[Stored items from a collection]
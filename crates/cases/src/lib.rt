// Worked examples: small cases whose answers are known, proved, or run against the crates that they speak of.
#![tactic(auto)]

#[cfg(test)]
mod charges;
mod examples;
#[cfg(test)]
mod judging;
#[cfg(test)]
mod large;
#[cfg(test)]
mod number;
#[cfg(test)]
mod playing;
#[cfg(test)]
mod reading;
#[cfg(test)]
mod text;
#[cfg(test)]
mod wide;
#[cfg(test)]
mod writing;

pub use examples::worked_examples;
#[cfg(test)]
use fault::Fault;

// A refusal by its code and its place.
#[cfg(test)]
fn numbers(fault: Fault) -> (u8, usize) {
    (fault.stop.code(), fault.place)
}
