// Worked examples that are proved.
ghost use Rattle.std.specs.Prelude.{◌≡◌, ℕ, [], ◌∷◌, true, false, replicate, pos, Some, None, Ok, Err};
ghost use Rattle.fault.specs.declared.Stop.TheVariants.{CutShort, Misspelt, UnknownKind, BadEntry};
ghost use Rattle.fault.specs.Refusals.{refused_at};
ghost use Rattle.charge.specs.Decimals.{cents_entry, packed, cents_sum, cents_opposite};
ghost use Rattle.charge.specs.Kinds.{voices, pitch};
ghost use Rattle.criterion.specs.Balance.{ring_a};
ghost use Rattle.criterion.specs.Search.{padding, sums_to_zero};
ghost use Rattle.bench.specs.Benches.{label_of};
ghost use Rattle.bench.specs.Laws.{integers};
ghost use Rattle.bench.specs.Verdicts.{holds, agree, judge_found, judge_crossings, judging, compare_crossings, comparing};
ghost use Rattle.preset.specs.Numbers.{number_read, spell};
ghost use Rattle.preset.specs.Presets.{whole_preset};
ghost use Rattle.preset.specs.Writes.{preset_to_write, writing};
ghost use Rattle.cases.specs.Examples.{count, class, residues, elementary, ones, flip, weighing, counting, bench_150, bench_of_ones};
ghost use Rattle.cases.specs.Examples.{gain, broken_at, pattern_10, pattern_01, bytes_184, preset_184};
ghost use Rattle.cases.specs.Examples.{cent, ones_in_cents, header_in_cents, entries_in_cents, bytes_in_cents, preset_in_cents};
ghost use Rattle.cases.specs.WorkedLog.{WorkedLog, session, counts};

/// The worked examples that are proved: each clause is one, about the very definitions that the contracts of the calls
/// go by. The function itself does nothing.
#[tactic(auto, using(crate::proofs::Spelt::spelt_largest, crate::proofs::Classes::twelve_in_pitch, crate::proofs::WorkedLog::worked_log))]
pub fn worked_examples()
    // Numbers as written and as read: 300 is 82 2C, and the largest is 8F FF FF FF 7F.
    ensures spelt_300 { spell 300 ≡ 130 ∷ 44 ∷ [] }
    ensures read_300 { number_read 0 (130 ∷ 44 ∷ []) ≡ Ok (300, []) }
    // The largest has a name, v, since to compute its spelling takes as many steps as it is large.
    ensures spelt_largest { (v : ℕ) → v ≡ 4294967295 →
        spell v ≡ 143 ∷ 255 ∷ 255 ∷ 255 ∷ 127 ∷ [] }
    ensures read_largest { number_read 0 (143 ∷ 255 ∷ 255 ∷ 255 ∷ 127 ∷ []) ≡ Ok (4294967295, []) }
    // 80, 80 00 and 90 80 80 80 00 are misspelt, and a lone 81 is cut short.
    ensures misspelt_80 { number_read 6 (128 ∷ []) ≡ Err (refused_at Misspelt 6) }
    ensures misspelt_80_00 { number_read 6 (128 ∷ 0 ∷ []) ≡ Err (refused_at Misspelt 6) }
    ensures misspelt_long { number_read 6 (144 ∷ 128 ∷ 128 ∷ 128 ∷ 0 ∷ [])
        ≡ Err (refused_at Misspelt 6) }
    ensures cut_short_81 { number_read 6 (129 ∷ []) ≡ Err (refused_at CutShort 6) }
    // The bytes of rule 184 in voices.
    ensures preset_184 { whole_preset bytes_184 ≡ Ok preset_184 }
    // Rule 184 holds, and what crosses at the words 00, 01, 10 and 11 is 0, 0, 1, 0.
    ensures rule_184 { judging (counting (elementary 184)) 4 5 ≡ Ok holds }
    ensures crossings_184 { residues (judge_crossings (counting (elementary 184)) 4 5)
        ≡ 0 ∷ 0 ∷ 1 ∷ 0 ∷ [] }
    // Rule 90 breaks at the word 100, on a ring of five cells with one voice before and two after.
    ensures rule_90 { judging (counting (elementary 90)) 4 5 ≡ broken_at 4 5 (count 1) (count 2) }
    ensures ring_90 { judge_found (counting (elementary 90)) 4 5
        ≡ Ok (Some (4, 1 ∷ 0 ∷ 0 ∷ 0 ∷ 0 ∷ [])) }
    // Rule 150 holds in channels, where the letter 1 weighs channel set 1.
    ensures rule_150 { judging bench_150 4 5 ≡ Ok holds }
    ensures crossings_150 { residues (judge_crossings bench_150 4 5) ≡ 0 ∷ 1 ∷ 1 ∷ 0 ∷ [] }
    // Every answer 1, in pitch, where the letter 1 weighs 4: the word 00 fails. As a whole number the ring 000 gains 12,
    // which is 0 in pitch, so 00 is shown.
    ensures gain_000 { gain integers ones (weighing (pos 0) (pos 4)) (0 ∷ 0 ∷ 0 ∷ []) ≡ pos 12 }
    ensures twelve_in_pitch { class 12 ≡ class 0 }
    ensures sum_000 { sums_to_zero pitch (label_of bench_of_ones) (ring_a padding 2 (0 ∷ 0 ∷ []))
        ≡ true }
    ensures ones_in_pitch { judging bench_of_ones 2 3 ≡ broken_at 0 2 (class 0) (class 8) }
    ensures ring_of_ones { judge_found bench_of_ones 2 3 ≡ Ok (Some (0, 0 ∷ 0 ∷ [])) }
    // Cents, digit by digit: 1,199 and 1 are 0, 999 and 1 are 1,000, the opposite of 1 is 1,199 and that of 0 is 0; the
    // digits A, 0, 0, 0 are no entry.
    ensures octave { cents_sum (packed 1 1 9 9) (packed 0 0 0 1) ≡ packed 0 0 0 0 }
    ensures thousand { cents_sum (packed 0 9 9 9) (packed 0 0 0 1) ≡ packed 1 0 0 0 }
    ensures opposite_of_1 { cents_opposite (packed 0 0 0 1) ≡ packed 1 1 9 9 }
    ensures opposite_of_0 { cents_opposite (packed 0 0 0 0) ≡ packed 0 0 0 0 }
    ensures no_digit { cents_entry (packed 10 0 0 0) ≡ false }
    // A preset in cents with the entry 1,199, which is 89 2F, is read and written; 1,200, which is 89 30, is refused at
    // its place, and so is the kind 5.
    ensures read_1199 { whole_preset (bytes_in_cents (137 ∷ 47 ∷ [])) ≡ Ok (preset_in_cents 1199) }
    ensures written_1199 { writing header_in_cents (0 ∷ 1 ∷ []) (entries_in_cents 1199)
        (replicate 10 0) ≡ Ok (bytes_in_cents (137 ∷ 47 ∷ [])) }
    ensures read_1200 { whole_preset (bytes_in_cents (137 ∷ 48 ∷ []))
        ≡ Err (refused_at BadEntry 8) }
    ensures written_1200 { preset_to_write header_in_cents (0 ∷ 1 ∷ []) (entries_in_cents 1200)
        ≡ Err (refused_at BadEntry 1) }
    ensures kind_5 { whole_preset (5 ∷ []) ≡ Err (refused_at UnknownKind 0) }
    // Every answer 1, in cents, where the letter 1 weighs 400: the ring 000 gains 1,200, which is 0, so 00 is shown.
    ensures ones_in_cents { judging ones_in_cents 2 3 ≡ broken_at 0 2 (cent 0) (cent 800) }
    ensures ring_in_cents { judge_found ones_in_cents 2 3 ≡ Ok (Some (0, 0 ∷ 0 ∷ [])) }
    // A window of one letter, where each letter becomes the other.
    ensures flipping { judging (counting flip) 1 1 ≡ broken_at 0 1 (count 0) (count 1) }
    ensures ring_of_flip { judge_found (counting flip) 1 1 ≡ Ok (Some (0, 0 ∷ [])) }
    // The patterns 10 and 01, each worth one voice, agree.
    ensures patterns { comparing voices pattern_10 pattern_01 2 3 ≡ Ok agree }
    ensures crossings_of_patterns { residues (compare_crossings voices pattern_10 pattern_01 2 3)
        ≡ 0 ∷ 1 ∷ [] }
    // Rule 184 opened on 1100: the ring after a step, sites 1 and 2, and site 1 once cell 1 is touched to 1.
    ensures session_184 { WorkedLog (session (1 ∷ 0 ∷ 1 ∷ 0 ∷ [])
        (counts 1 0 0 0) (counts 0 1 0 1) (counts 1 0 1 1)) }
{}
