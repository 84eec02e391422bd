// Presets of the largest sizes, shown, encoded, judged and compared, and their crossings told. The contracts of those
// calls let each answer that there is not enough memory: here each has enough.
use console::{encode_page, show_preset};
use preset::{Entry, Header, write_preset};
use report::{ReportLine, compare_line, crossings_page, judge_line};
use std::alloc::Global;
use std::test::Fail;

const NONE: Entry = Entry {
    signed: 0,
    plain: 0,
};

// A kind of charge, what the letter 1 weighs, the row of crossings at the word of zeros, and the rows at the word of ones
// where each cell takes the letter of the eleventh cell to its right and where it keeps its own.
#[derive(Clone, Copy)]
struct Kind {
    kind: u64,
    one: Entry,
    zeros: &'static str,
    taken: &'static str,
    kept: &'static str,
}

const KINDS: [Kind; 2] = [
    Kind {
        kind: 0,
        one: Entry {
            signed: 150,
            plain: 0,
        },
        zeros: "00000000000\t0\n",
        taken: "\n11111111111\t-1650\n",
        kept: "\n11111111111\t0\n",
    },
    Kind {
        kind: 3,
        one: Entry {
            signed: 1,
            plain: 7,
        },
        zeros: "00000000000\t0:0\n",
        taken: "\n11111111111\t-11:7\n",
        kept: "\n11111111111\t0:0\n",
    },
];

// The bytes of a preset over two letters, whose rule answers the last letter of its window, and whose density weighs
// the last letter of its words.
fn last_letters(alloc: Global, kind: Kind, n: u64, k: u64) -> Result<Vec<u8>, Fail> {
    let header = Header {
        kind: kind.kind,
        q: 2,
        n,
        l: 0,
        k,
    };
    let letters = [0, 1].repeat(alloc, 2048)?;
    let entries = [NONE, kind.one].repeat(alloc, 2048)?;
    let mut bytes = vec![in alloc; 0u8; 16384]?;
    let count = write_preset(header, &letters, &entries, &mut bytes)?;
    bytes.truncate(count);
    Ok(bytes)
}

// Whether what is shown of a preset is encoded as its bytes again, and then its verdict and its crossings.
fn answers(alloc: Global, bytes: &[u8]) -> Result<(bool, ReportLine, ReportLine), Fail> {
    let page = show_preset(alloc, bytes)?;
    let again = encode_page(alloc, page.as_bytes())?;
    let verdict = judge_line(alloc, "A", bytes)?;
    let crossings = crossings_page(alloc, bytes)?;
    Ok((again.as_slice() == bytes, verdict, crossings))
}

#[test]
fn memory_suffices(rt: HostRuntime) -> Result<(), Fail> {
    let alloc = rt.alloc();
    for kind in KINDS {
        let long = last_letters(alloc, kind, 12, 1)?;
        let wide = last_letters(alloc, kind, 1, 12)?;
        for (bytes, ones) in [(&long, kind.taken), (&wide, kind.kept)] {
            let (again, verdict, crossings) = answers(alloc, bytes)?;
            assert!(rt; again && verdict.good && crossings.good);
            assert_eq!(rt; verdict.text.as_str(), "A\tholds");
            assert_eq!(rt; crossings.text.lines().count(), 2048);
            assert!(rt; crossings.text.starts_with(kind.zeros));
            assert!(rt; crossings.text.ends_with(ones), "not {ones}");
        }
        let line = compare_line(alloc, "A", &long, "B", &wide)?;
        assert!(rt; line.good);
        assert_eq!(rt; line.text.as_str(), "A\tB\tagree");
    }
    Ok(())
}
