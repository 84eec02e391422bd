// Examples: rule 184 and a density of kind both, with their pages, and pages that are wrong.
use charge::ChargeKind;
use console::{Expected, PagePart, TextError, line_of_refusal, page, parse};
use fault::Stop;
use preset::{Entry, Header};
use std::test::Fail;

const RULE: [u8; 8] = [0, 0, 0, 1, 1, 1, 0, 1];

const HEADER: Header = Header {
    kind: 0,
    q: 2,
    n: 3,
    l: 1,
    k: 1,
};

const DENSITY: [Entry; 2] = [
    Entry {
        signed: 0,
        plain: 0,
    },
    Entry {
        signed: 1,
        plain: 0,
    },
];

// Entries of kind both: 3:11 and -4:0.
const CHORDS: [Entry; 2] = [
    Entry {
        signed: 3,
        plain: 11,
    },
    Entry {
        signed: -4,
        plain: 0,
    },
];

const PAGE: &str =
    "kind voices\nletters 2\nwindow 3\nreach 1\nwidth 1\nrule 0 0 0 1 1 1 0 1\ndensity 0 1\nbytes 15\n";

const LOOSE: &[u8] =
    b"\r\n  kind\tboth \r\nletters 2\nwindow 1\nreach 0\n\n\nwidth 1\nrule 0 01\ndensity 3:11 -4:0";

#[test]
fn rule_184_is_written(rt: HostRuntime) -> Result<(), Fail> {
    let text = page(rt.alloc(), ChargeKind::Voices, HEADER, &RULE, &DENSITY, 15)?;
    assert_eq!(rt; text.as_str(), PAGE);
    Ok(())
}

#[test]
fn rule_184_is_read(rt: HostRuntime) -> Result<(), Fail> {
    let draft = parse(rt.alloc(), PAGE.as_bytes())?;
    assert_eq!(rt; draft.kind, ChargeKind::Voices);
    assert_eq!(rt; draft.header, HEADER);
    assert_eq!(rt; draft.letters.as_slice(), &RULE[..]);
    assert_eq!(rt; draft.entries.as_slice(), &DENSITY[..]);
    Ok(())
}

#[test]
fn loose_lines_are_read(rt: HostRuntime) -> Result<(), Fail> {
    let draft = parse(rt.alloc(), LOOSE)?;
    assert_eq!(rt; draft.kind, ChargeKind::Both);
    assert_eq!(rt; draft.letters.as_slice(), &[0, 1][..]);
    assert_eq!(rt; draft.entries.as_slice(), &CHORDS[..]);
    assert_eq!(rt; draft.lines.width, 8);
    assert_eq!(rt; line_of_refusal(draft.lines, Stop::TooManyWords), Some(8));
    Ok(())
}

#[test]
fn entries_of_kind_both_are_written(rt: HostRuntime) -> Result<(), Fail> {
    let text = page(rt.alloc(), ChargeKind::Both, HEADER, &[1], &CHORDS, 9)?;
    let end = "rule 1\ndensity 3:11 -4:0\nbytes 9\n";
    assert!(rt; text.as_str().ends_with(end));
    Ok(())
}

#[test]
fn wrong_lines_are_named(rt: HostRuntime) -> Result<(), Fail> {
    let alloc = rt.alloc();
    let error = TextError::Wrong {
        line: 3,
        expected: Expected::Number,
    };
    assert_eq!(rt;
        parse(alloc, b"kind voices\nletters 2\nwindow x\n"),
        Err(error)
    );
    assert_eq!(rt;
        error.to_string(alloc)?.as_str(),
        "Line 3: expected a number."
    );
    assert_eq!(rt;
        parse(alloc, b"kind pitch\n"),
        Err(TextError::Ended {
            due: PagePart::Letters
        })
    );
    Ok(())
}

What is required >>
Please say how many lines in the records above contain the word "where", and give only that number.

Written response >>
5